A Ministra, do alto dos seus tenros 35 anos, em que desde a licenciatura sempre esteve em full time na política, atua de acordo com o modelo clássico dos afetados pela síndrome: “o aprendiz tende a achar incrível algo que acabou de aprender, como se fosse uma grande descoberta, algo exclusivo, limitado a um seleto grupo. Ele também acredita que, a partir daqueles primeiros e rasos conhecimentos, está apto para aplicar com destreza os conceitos, ferramentas e estratégias da área, ignorando a sua própria falta de habilidade”.
Como é evidente tudo isto acaba a ser pago pelos que se pretendia apoiar. Felizmente, apesar de tudo, que ela não é ministra na área da produção das armas nucleares…
O ELOGIO
De partida para férias, o meu elogio vai para as entidades autárquicas e outras que construíram – como lembra a revista “Evasões” do Diário de Notícias – “ecovias, ciclovias, ecopistas, trilhos, passadiços, pistas e rotas”.
Seja como for, esta é uma revolução serena que melhora a qualidade de vida dos habitantes e ajuda muito a atrair turismo de qualidade.
Muito usufruo de trilhos na Serra da Estrela, embora infelizmente nesse caso a opção do Parque Natural não seja fazer muitos trilhos acessíveis para quem não conheça a Serra.
LER É O MELHOR REMÉDIO
O Professor Jorge Fernandes sugeriu há dias no Observador livros para férias e entre eles uma obra de Javier Cercas, que eu desconhecia, de imediato comprei e comecei compulsivamente a ler.
Trata-se de “O Impostor” (Assírio & Alvim), um “romance sem ficção” que conta a vida de Enric Marco, um catalão que se fez passar durante décadas por sobrevivente do campo de concentração nazi de Flossenburg e presidiu à Associação espanhola dos presos de Mauthausen, recebeu toda a atenção e honras até ser esmascarado já com 84 anos.
O livro está esgotado em português, mas a edição espanhola não.
A mentira, a impostura, o exagero, a mitomania, a fantasia neurótica, fazem boa literatura.

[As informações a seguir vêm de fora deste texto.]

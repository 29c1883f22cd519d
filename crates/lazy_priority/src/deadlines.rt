//! What is known of each slot's deadline.

ghost use Rattle.std.specs.Prelude.{◌≡◌, ◌<◌, IfOk, IfSome, IfNone, IsTrue, IsFalse, length, replicate};
ghost use Rattle.std.specs.Prelude.{slice_index_or, slice_set};
ghost use Rattle.lazy_priority.specs.declared.deadlines.Deadline.TheVariants.{Absent, Stands, Expired};
ghost use Rattle.lazy_priority.specs.Expired.{NoneExpired};

use bintree_addr::Slot;
use mesh_defs::NoMemory;
use std::alloc::Global;
use std::marker::Model;

/// What is known of a slot's deadline.
#[derive(Clone, Copy, Debug)]
pub enum Deadline {
    /// It has none.
    Absent,
    /// It has one, and the heap has its key.
    Stands,
    /// It has one that has expired.
    Expired,
}

/// What is known of each slot's deadline, and which have expired.
#[derive(Drop)]
pub struct Deadlines {
    of_slots: Vec<Deadline>,
    /// The numbers of the slots whose deadline has expired, and of some that had another one or none since.
    expired: Vec<u32>,
}

impl Model for Deadlines {
    ghost use Rattle.std.specs.Prelude.{List};
    ghost use Rattle.lazy_priority.specs.declared.deadlines.Deadline.{Deadline};
    ghost use Rattle.lazy_priority.specs.Expired.{AreListed};

    ghost Value = { List Deadline };

    ghost view = { λ d. d.of_slots.items };

    ghost invariant = { λ d. AreListed d.of_slots.items d.expired.items };
}

impl Deadlines {
    /// No deadline yet, for so many slots.
    pub fn new(alloc: Global, slots: u32) -> Result<Deadlines, NoMemory>
        ensures { IfOk result (λ deadlines. deadlines ≡ replicate slots Absent) }
    {
        Ok(Deadlines {
            of_slots: vec![in alloc; Deadline::Absent; slots as usize]?,
            expired: Vec::with_capacity(alloc, slots as usize)?,
        })
    }

    /// What is known of a slot's deadline: nothing of a slot that is not there.
    #[inline]
    pub fn get(&self, slot: Slot) -> Deadline
        ensures { result ≡ slice_index_or self.now slot.0 Absent }
    {
        match self.of_slots.as_slice().get(slot.0 as usize) {
            Some(deadline) => *deadline,
            None => Deadline::Absent,
        }
    }

    /// The slot has a deadline from now on.
    #[inline]
    pub fn keep(&mut self, slot: Slot)
        requires { slot.0 < length self.old }
        ensures { self.new ≡ slice_set self.old slot.0 Stands }
    {
        self.of_slots[slot.0 as usize] = Deadline::Stands;
    }

    /// The slot has none from now on.
    #[inline]
    pub fn clear(&mut self, slot: Slot)
        ensures { self.new ≡ slice_set self.old slot.0 Absent }
    {
        if (slot.0 as usize) < self.of_slots.len() {
            self.of_slots[slot.0 as usize] = Deadline::Absent;
        }
    }

    /// The slot's deadline has expired from now on. Answers whether there was room to note it; else nothing changes.
    /// There is room for each slot, so that none lacks where `take_expired` takes all before one expires again.
    #[inline]
    pub fn expire(&mut self, slot: Slot) -> bool
        requires { slot.0 < length self.old }
        ensures noted { IsTrue result → self.new ≡ slice_set self.old slot.0 Expired }
        ensures full { IsFalse result → self.new ≡ self.old }
    {
        if self.expired.len() >= self.expired.capacity() {
            return false;
        }
        self.expired.push_reserved(slot.0);
        self.of_slots[slot.0 as usize] = Deadline::Expired;
        true
    }

    /// Takes a slot whose deadline has expired: it has none from now on.
    pub fn take_expired(&mut self) -> Option<Slot>
        ensures unchanged { IfNone result (self.new ≡ self.old) }
        ensures none { IfNone result (NoneExpired self.old) }
        ensures expired { IfSome result (λ slot. slice_index_or self.old slot.0 Absent ≡ Expired) }
        ensures cleared { IfSome result (λ slot. self.new ≡ slice_set self.old slot.0 Absent) }
    {
        'passed: loop {
            let number = self.expired.pop()?;
            let place = number as usize;
            if place >= self.of_slots.len() {
                continue 'passed;
            }
            match self.of_slots[place] {
                Deadline::Expired => {
                    self.of_slots[place] = Deadline::Absent;
                    return Some(Slot(number));
                }
                Deadline::Absent | Deadline::Stands => {}
            }
        }
    }
}
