//! One strip through all triangles of a mesh.
//!
//! `strip` puts the leaves of a closed set in an order in which each two neighbours share a whole edge, and so do the
//! last and the first; `turn` and `turns` say to which side it turns. The order follows the tree, so no search is
//! made and no memory is taken: runs of the depth-first list are reversed where they stand. What a strip is stands in
//! `mesh_laws`.

#![tactic(auto)]

mod order;
mod sides;
mod turning;

pub use order::strip;
pub use sides::{Turn, Turns};
pub use turning::{turn, turns};
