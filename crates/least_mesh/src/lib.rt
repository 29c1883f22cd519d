//! The least mesh for a tolerance: the fewest triangles of which none has a priority above the tolerance.
//!
//! For a caller that wants a quality and no budget. All triangles that are worse than the tolerance are flagged
//! from the top down, and one pass from the finest level up flags what they force; the leaves of what is
//! flagged are the mesh. `Least` takes its room once, and a frame takes none.
//! The laws stand below, in `mesh_laws`; the budget of a frame is the business of `plain_mesh`.

#![tactic(auto)]

mod flags;
mod least;
mod list;
mod worse;

pub use least::{Least, LeastNote};
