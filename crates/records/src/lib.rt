// Document 01, module 2: the store's two counts and their limits, one section read from its words, put into words or written, and the
// tests for number 6. Knows nothing of offset tables or passes.
#![tactic(auto)]

mod damage;
pub mod kind;
mod record;

ghost use Rattle.std.specs.Prelude.{◌≡◌};
ghost use Rattle.records.specs.Store.{empty_counts};

pub use damage::{Damage, check_last, check_store};
pub use record::{
    AsmSection, StoredSection, form_of, read_section, reference_words, set_size_of, write_words,
};

// A store: the count of sections and the count of stored bytes, over a lent byte slice and a lent slice of words.
#[derive(Clone, Copy)]
pub struct Assembler {
    pub sections: u32,
    pub bytes: u32,
}

impl Assembler {
    pub const MAX_BYTES: u32 = 16777216;

    pub const MAX_SECTIONS: u32 = 1048576;

    pub const MAX_MARK: u32 = 1048575;
    // Words of the lent slice for each section.
    pub const WORDS: usize = 3;

    // An empty store.
    pub fn new() -> Self
        ensures { result ≡ empty_counts }
    {
        Assembler {
            bytes: 0,
            sections: 0,
        }
    }

    // Both counts to 0, from any state.
    pub fn clear(self) -> Self
        ensures { result ≡ empty_counts }
    {
        Assembler::new()
    }
}
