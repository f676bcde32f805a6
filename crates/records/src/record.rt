// One section: read from its three words, a reference put into words, and three words written.
ghost use Rattle.std.specs.Prelude.{◌≡◌, ◌*◌, Some, None, cond, leb};
ghost use Rattle.slices.specs.Over.{over_if_room};
ghost use Rattle.records.specs.Record.{read_section, read_mark, span, read_direct, read_delta, read_ref, set_size_of};
ghost use Rattle.records.specs.Record.{reference_words, form_of, stored_section};
ghost use Rattle.records.specs.Store.{words_per_section, record_words};

use crate::{Assembler, kind};
use units::{
    AsmBytesIdx, AsmReference, MarkId, MarkReference, RefSize, Span, form, set_size_number,
};

// A section as it is read back.
#[derive(Clone, Copy, Debug, PartialEq, Eq)]
pub enum AsmSection {
    Mark(MarkId),
    Ops(Span<AsmBytesIdx>),
    Data(Span<AsmBytesIdx>),
    MarkRef(AsmReference),
}

// The three words of a section.
#[derive(Clone, Copy, Debug, PartialEq, Eq)]
pub struct StoredSection {
    pub kind: u32,
    pub first: u32,
    pub second: u32,
}

// The section that three words stand for, none if it is damaged: an unlisted kind or field, a mark number too large, a start past its end.
#[tactic(auto, using(crate::proofs::Reading::section_mark, crate::proofs::Reading::section_ops, crate::proofs::Reading::section_data, crate::proofs::Reading::section_direct, crate::proofs::Reading::section_pushed_delta, crate::proofs::Reading::section_raw_delta, crate::proofs::Reading::section_unlisted))]
pub fn read_section(words: StoredSection) -> Option<AsmSection>
    ensures { result ≡ read_section words }
{
    let kind = words.kind;
    let first = words.first;
    let second = words.second;
    match kind {
        kind::MARK => read_mark(first, second),
        kind::OPS => Some(AsmSection::Ops(read_span(first, second)?)),
        kind::DATA => Some(AsmSection::Data(read_span(first, second)?)),
        kind::DIRECT => read_direct(first, second),
        kind::PUSHED_DELTA..=kind::LAST_PUSHED_DELTA => read_delta(
            kind - kind::PUSHED_DELTA,
            true,
            first,
            second,
        ),
        kind::RAW_DELTA..=kind::LAST => read_delta(kind - kind::RAW_DELTA, false, first, second),
        _ => None,
    }
}

#[tactic(auto, using(crate::proofs::Reading::mark_large, crate::proofs::Reading::mark_read, crate::proofs::Reading::mark_field))]
fn read_mark(first: u32, second: u32) -> Option<AsmSection>
    ensures { result ≡ read_mark first second }
{
    if first > Assembler::MAX_MARK {
        return None;
    }
    if second == 0 {
        Some(AsmSection::Mark(MarkId(first)))
    } else {
        None
    }
}

// The span of Ops or Data.
fn read_span(first: u32, second: u32) -> Option<Span<AsmBytesIdx>>
    ensures { result ≡ cond (leb first second) (Some (span first second)) None }
{
    if first > second {
        return None;
    }
    Some(Span {
        start: AsmBytesIdx(first),
        end: AsmBytesIdx(second),
    })
}

#[tactic(auto, using(crate::proofs::Reading::direct_large, crate::proofs::Reading::direct_raw, crate::proofs::Reading::direct_pushed, crate::proofs::Reading::direct_between, crate::proofs::Reading::direct_above))]
fn read_direct(first: u32, second: u32) -> Option<AsmSection>
    ensures { result ≡ read_direct first second }
{
    if first > Assembler::MAX_MARK {
        return None;
    }
    match second {
        0..=form::MAX_SIZE => read_ref(MarkReference::Direct(MarkId(first)), second, false),
        form::PUSHED..=form::MAX => read_ref(
            MarkReference::Direct(MarkId(first)),
            second - form::PUSHED,
            true,
        ),
        _ => None,
    }
}

#[tactic(auto, using(crate::proofs::Reading::delta_start_lem, crate::proofs::Reading::delta_end_lem, crate::proofs::Reading::delta_read))]
fn read_delta(size: u32, pushed: bool, first: u32, second: u32) -> Option<AsmSection>
    ensures { result ≡ read_delta size pushed first second }
{
    if first > Assembler::MAX_MARK {
        return None;
    }
    if second > Assembler::MAX_MARK {
        return None;
    }
    read_ref(
        MarkReference::Delta(Span {
            start: MarkId(first),
            end: MarkId(second),
        }),
        size,
        pushed,
    )
}

fn read_ref(mark_ref: MarkReference, size: u32, pushed: bool) -> Option<AsmSection>
    ensures { result ≡ read_ref mark_ref size pushed }
{
    Some(AsmSection::MarkRef(AsmReference {
        mark_ref,
        set_size: set_size_of(size),
        pushed,
    }))
}

// The set size that 0 (unsized) to 4 stand for; a larger number counts as 4.
// Kept: no `From`, since neither type is this crate's.
pub fn set_size_of(size: u32) -> Option<RefSize>
    ensures { result ≡ set_size_of size }
{
    match size {
        0 => None,
        1 => Some(RefSize::S1),
        2 => Some(RefSize::S2),
        3 => Some(RefSize::S3),
        _ => Some(RefSize::S4),
    }
}

// The three words of a reference.
pub fn reference_words(r: AsmReference) -> StoredSection
    ensures { result ≡ reference_words r }
{
    let size = set_size_number(r.set_size);
    match r.mark_ref {
        MarkReference::Direct(id) => StoredSection {
            kind: kind::DIRECT,
            first: id.0,
            second: if r.pushed { size + form::PUSHED } else { size },
        },
        MarkReference::Delta(span) => StoredSection {
            kind: if r.pushed {
                size + kind::PUSHED_DELTA
            } else {
                size + kind::RAW_DELTA
            },
            first: span.start.0,
            second: span.end.0,
        },
    }
}

// Writes the three words of section i, if there is room for them; else nothing changes. The room is tested as the short ways test it, so
// that for them this test folds away.
pub fn write_words(words: &mut [u32], i: u32, kind: u32, first: u32, second: u32)
    ensures { words.new ≡ over_if_room words.old (words_per_section * i)
        (record_words words_per_section (stored_section kind first second)) }
{
    let at = Assembler::WORDS * (i as usize);
    if at + Assembler::WORDS <= words.len() {
        words[at] = kind;
        words[at + 1] = first;
        words[at + 2] = second;
    }
}

// A reference's form, from its words: a direct one has it as a word, a delta in its kind. (Of other words, some number.)
#[tactic(auto, unfolding(crate::specs::Record::form_of))]
pub fn form_of(words: StoredSection) -> u32
    ensures { result ≡ form_of words }
{
    let kind = words.kind;
    if kind == kind::DIRECT {
        return words.second;
    }
    if kind < kind::RAW_DELTA {
        return kind + form::PUSHED - kind::PUSHED_DELTA;
    }
    kind - kind::RAW_DELTA
}
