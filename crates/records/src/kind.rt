// Word 0 of a section: the kinds, in the order of `StoredAsmSection`. The four sizes follow each of the two unsized deltas.
// Kept: numbers, since word 0 lies in the caller's memory, as C has it; read back, a section is an enum, `AsmSection`.
pub const MARK: u32 = 0;

pub const OPS: u32 = 1;

pub const DATA: u32 = 2;

pub const DIRECT: u32 = 3;

pub const PUSHED_DELTA: u32 = 4;

// The last pushed delta: of size 4.
pub const LAST_PUSHED_DELTA: u32 = 8;

pub const RAW_DELTA: u32 = 9;

// The last kind: a raw delta of size 4.
pub const LAST: u32 = 13;
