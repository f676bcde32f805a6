// The tests for number 6: the whole store's, and the lesser one of a building call.
// Kept: counts, bytes and words apart, and the room for the words asked thrice: a type for good counts alone would stand for these three calls.
ghost use Rattle.std.specs.Prelude.{◌≡◌, Some, false, cond, ◌&&◌, ◌+◌, ◌*◌, ◌≤◌, ltb, eqb, length};
ghost use Rattle.records.specs.Store.{store_of, words_per_section, words_at, bad_counts};
ghost use Rattle.records.specs.Record.{read_section, max_mark, mark_kind, direct_kind};
ghost use Rattle.records.specs.Damage.{unreadable, is_span, spans_end, broken_reply, soundness_of, whole_soundness, last_soundness};
ghost use Rattle.units.specs.declared.reply.Refusal.TheVariants as refusal;
ghost use Rattle.records.specs.Held.{held_by, held_read, ends_elsewhere, span_misplaced, is_misplaced, end_after};

use crate::record::{AsmSection, StoredSection, read_section};
use crate::{Assembler, kind};
use units::{AsmBytesIdx, Refusal, Span, form};

// A damaged store: the section that number 6 reports.
#[derive(Clone, Copy, Debug, PartialEq, Eq)]
pub struct Damage {
    pub section: u32,
}

impl From<Damage> for Refusal {
    ghost from_gives = { λ damage r. r ≡ refusal.Damaged damage.section };

    fn from(damage: Damage) -> Refusal {
        Refusal::Damaged {
            section: damage.section,
        }
    }
}

// What the tests need of a section that can be read: the span of Ops or Data, or nothing of a mark or a reference. It stays in registers,
// where a whole `AsmSection` goes by way of memory (docs/PERFORMANCE.md).
type Held = Option<Span<AsmBytesIdx>>;

// The whole test: bad counts first, then the first section that breaks a rule.
pub fn check_store(store: Assembler, bytes: &[u8], words: &[u32]) -> Result<(), Damage>
    ensures { soundness_of result ≡ whole_soundness words_per_section (store_of store bytes.now words.now) }
{
    if counts_are_bad(store, bytes, words) {
        return Err(Damage { section: 0 });
    }
    let spans = spans_end(store, bytes, words);
    if bytes_unheld(store.bytes, spans) {
        return Err(Damage { section: 0 });
    }
    check_sections(store, bytes, words, spans)
}

// A building call's test: the counts, and the last section only.
pub fn check_last(store: Assembler, bytes: &[u8], words: &[u32]) -> Result<(), Damage>
    ensures { soundness_of result ≡ last_soundness words_per_section (store_of store bytes.now words.now) }
{
    if counts_are_bad(store, bytes, words) {
        return Err(Damage { section: 0 });
    }
    if bytes_unheld(store.bytes, store.sections) {
        return Err(Damage { section: 0 });
    }
    let sections = store.sections;
    if sections == 0 {
        return Ok(());
    }
    let last = sections - 1;
    let Some(section) = read_section(section_words(words, last as usize)) else {
        return Err(Damage { section: last });
    };
    if ends_elsewhere(held_by(section), store.bytes) {
        Err(Damage { section: last })
    } else {
        Ok(())
    }
}

// Counts beyond slices or limits.
fn counts_are_bad(store: Assembler, bytes: &[u8], words: &[u32]) -> bool
    ensures { result ≡ bad_counts words_per_section (store_of store bytes.now words.now) }
{
    if bytes.len() < store.bytes as usize {
        return true;
    }
    if Assembler::MAX_BYTES < store.bytes {
        return true;
    }
    if Assembler::MAX_SECTIONS < store.sections {
        return true;
    }
    words.len() < Assembler::WORDS * (store.sections as usize)
}

// Bytes are stored, and there is nothing to hold them.
fn bytes_unheld(stored: u32, holders: u32) -> bool
    ensures { result ≡ (ltb 0 stored && eqb holders 0) }
{
    if stored == 0 {
        return false;
    }
    holders == 0
}

// The three words of section i.
// Kept: a private reader beside `UndamagedStore::section`, since a store is read here before it is found undamaged, and without a test of i.
fn section_words(words: &[u32], i: usize) -> StoredSection
    requires { words_per_section * (i + 1) ≤ length words.now }
    ensures { result ≡ words_at words_per_section words.now i }
{
    let at = Assembler::WORDS * i;
    StoredSection {
        kind: words[at],
        first: words[at + 1],
        second: words[at + 2],
    }
}

// An Ops or Data section, by its kind word.
fn is_span(kind: u32) -> bool
    ensures { result ≡ is_span kind }
{
    if kind == kind::OPS {
        return true;
    }
    kind == kind::DATA
}

// How many sections there are up to and with the last Ops or Data section.
// Kept: a count, 0 where there is none, since the definition `spans_end` is that count.
fn spans_end(store: Assembler, bytes: &[u8], words: &[u32]) -> u32
    requires { words_per_section * store.sections ≤ length words.now }
    ensures { result ≡ spans_end words_per_section (store_of store bytes.now words.now) store.sections }
{
    for i in (0..store.sections).rev() {
        if is_span(section_words(words, i as usize).kind) {
            return i + 1;
        }
    }
    0
}

// The greatest second word of a section without bytes, by its kind word.
fn greatest_second(kind: u32) -> u32
    ensures { result ≡ cond (eqb kind mark_kind) 0 (cond (eqb kind direct_kind) 12 max_mark) }
{
    if kind == kind::MARK {
        return 0;
    }
    if kind == kind::DIRECT {
        return form::MAX;
    }
    Assembler::MAX_MARK
}

// A section that can't be read. This is `read_section` with nothing made of what is read: every call and every walk asks it. Bytes or
// not is its one branch: a branch predictor can't guess the kinds of a mixed store.
fn is_unreadable(section: StoredSection) -> bool
    ensures { result ≡ unreadable (read_section section) }
{
    let kind = section.kind;
    let first = section.first;
    let second = section.second;
    if is_span(kind) {
        return second < first;
    }
    let limit = greatest_second(kind);
    (Assembler::MAX_MARK < first)
        | (limit < second)
        | (kind::LAST < kind)
        | ((kind == kind::DIRECT) & (form::MAX_SIZE < second) & (second < form::PUSHED))
}

// What three words that can be read hold of the bytes.
fn held_in(section: StoredSection) -> Held
    requires { unreadable (read_section section) ≡ false }
    ensures { Some result ≡ held_read (read_section section) }
{
    if !is_span(section.kind) {
        return None;
    }
    Some(Span {
        start: AsmBytesIdx(section.first),
        end: AsmBytesIdx(section.second),
    })
}

// What a section holds of the bytes.
fn held_by(section: AsmSection) -> Held
    ensures { result ≡ held_by section }
{
    match section {
        AsmSection::Mark(_) => None,
        AsmSection::Ops(span) => Some(span),
        AsmSection::Data(span) => Some(span),
        AsmSection::MarkRef(_) => None,
    }
}

// A section with bytes that ends elsewhere than at the stored count.
fn ends_elsewhere(held: Held, stored: u32) -> bool
    ensures { result ≡ ends_elsewhere held stored }
{
    held.is_some_and(|span| span.end.0 != stored)
}

// Bytes that start elsewhere than at the previous end, or, the last, end elsewhere than at the stored count.
fn span_misplaced(span: Span<AsmBytesIdx>, previous_end: u32, is_last: bool, stored: u32) -> bool
    ensures { result ≡ span_misplaced span previous_end is_last stored }
{
    if span.start.0 != previous_end {
        return true;
    }
    if is_last { span.end.0 != stored } else { false }
}

// So of a section, which has bytes or not.
fn is_misplaced(held: Held, previous_end: u32, is_last: bool, stored: u32) -> bool
    ensures { result ≡ is_misplaced held previous_end is_last stored }
{
    held.is_some_and(|span| span_misplaced(span, previous_end, is_last, stored))
}

// The end of the last Ops or Data section, with one section more.
fn end_after(held: Held, end: u32) -> u32
    ensures { result ≡ end_after held end }
{
    held.map_or(end, |span| span.end.0)
}

// The first section that breaks a rule.
fn check_sections(store: Assembler, bytes: &[u8], words: &[u32], spans: u32) -> Result<(), Damage>
    requires sections_in_bounds { words_per_section * store.sections ≤ length words.now }
    requires spans_value { spans ≡ spans_end words_per_section (store_of store bytes.now words.now) store.sections }
    ensures { soundness_of result ≡ broken_reply words_per_section (store_of store bytes.now words.now) }
{
    let mut end: u32 = 0;
    for i in 0..store.sections {
        let section = section_words(words, i as usize);
        if is_unreadable(section) {
            return Err(Damage { section: i });
        }
        let held = held_in(section);
        if is_misplaced(held, end, i + 1 == spans, store.bytes) {
            return Err(Damage { section: i });
        }
        end = end_after(held, end);
    }
    Ok(())
}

Por isso sugiro também dois clássicos que algo têm em comum com a obra de Javier Cercas: “D. Quixote de la Mancha” de Cervantes (Editora D. Quixote) e “Peregrinação” de Fernão Mendes Pinto, na adaptação de Aquilino Ribeiro (Bertrand) ou numa edição completa.
A PERGUNTA SEM RESPOSTA
Teve pouco destaque o facto da Cimeira da Amazônia, que reuniu os países que a partilham, ter fracassado. O Presidente Lula exigiu apoios dos países ricos para salvar a Amazónia, mas recusa dar garantias ambientais no Acordo de Comércio Mercosul/EU, que rotulou de “colonialismo verde”, pois pretende ter o direito de autorizar extração de petróleo e desmatação para as necessidades dos povos indígenas.
E os dados oficiais revelam que “entre agosto de 2022 e abril de 2023, a Amazônia já perdeu 5.936 km². É o maior valor da série histórica para esse período, superando em 20% o que foi registrado entre agosto de 2021 e abril de 2022” e na área do Cerrado “nos primeiros quatro meses de 2023 foram devastados 2.133 km2, um valor 17% maior que o registrado no mesmo período do ano passado e 48% maior que a média histórica”.
A pergunta é talvez óbvia: onde estão as manchetes, as reportagens, os comentários que – e muito bem – estigmatizavam Bolsonaro”?
E já agora uma outra: no mundo do ambiente também se aplica o provérbio “mais vale cair em graça, do que ser engraçado”?
A LOUCURA MANSA
São tantos os temas que por vezes nos perdemos. No início da JMJ soube-se que o “Manual do Peregrino” propunha que os jovens fizessem penitência e durante um ano não comessem carne para compensar as emissões dos aviões que os trouxeram a Lisboa.
Um artigo de Rui d’Orey Branco e Filipe Domingues no DN da passada 6ª feira explica que se escolhesse uma dieta vegetariana, por exemplo, “um peregrino vindo da Argentina precisaria de 3881 dias (dez anos) para compensar as emissões desse voo”.
O problema deste tipo de propostas não é que se opte por ser vegetariano, como é evidente e que isso seja mau para diminuir emissões de carbono.
A loucura é a boa consciência que estas opções geram e que ajudam a nada fazer para além disso, além de se achar que assim se pode resolver o problema.